Those who have already walked sections consistently highlight “silence, authenticity, and natural beauty.”
During the most recent Jubilee Year, association members walked parts of the route as a “Pilgrimage of Hope,” engaging with communities, churches, and local authorities not as visitors, but as walkers attentive to the landscapes and people they encountered.
Looking toward Europe, step by step
The future of the Romanian Camino lies in continued connection: extending waymarking, securing European funding, developing educational initiatives, and engaging younger generations.
“Our goal,” Greu says, “is to build an educational and cultural framework centered on Camino values such as empathy and solidarity, in cooperation with other European organizations.”
Cross-border links are already underway, including connections with Hungary—linking Oradea to Budapest—and with Ukraine, via the Podolic Way. Romania’s Camino is conceived not as an endpoint, but as a bridge.
Walking as legacy
For Gabriela Greu, the Camino is not only a cultural project. It is a personal transformation. “Walking the Camino changed my life. It became a passion and a mission.”

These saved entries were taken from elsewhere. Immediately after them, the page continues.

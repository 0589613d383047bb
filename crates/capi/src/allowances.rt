// The smallest cache for a miss allowance.
ghost use Rattle.std.specs.Prelude.{◌≡◌};
ghost use Rattle.allowance_calls.specs.Calls.{smallest_call};
ghost use Rattle.capi_answers.specs.Answers.{sized, words_left};

// The smallest size of a cache that misses no more often than this; how many words of H the search for it read is left in
// their place.
#[unsafe(no_mangle)]
pub extern "C" fn jemqolu_smallest(words: &[u32], misses: u32, read: &mut u32) -> i64
    ensures { (result ≡ sized (smallest_call words.now misses)) × (read.new ≡ words_left (smallest_call words.now misses) read.old) }
{
    capi_answers::size(allowance::smallest(words, misses), read)
}
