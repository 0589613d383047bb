// A session kept in lent words.
ghost use Rattle.std.specs.Prelude.{◌≡◌};
ghost use Rattle.capi_answers.specs.Answers.{counted, shared, share_left, told, sums_left, slots_left};
ghost use Rattle.session_words.specs.Calls.{new_session, read_in, session_left, summary_in, misses_in, share_in};

// A new session's words at the front of the row: how many.
#[unsafe(no_mangle)]
pub extern "C" fn jemqolu_session_new(session: &mut [u32]) -> i64
    ensures { (result ≡ counted (new_session session.old).answer) × (session.new ≡ (new_session session.old).buffer) }
{
    capi_answers::count(session_words::new_session(session))
}

// A read of the extent by the session in the words: its answer as the buffer of distances writes it, how many sums it read,
// and how many slots it looked at.
#[unsafe(no_mangle)]
pub extern "C" fn jemqolu_session_read(
    session: &mut [u32],
    extent: u32,
    sums: &mut u32,
    slots: &mut u32,
) -> i64
    ensures is { result ≡ told (read_in session.old extent).answer }
    ensures session { session.new ≡ session_left (read_in session.old extent).answer (read_in session.old extent).session session.old }
    ensures sums { sums.new ≡ sums_left (read_in session.old extent).answer sums.old }
    ensures slots { slots.new ≡ slots_left (read_in session.old extent).answer slots.old }
{
    capi_answers::read(session_words::read(session, extent), sums, slots)
}

// The summary of the session in the words, at the front of `out`: how many words.
#[unsafe(no_mangle)]
pub extern "C" fn jemqolu_session_summary(session: &[u32], out: &mut [u32]) -> i64
    ensures { (result ≡ counted (summary_in session.now out.old).answer) × (out.new ≡ (summary_in session.now out.old).buffer) }
{
    capi_answers::count(session_words::summary(session, out))
}

// The misses of a cache of this size that reads the log of the session in the words.
#[unsafe(no_mangle)]
pub extern "C" fn jemqolu_session_misses(session: &[u32], size: u32) -> i64
    ensures { result ≡ counted (misses_in session.now size) }
{
    capi_answers::number(session_words::misses(session, size))
}

// The hit share of such a cache, left in its place: 1, or 0 for 'no reads'.
#[unsafe(no_mangle)]
pub extern "C" fn jemqolu_session_share(session: &[u32], size: u32, share: &mut f64) -> i64
    ensures { (result ≡ shared (share_in session.now size)) × (share.new ≡ share_left (share_in session.now size) share.old) }
{
    capi_answers::share(session_words::share(session, size), share)
}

Working on the route is, for her, a way of leaving a tangible legacy—“creating something meaningful for future pilgrims, and for the country and its communities.”

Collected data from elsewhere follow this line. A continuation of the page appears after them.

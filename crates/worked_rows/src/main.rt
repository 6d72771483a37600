//! Runs each line of its input as a shell would run it, and prints what is written and how the run ends.
//!
//! A line is `goeland` or `gs3check` with words, then at most one `< FILE`, which is the standard input, and at most
//! one `> BYTES`, the room of the standard output. Files lie in the folder; `blanks.N` stands for N blanks. What a run
//! of the prover proves of the standard input goes to the checker, whose answer is printed too.
#![tactic(auto)]

mod row;
mod running;
mod shelves;

use crate::row::row_of;
use crate::running::run_row;
use gl_outside::HostShelf;
use std::io::{self, Write};

fn main(rt: HostRuntime) -> io::Result<()> {
    let alloc = rt.alloc();
    let mut folder = HostShelf::new(&rt);
    for line in rt.lines(alloc) {
        let line = line?;
        let row = row_of(alloc, line.as_str())?;
        let ran = run_row(alloc, &mut folder, &row)?;
        println!(rt; "$ {line}")?;
        io::writer(&rt).write_all(ran.written.as_slice())?;
        println!(rt; "{}\n", ran.ended)?;
    }
    Ok(())
}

Asked to recommend a section, she points without hesitation to the stretch between Câmpulung Muscel and Brașov. Beginning and ending at sites linked to Saint James, crossing striking landscapes, it encapsulates the diversity of the Romanian Camino.
From Dracula’s Castle to Santiago de Compostela, the Camino in Romania proposes a different kind of journey: less traveled, quieter, and unmistakably European. A reminder that the Camino does not end in Galicia. It begins, repeatedly, wherever someone chooses to walk.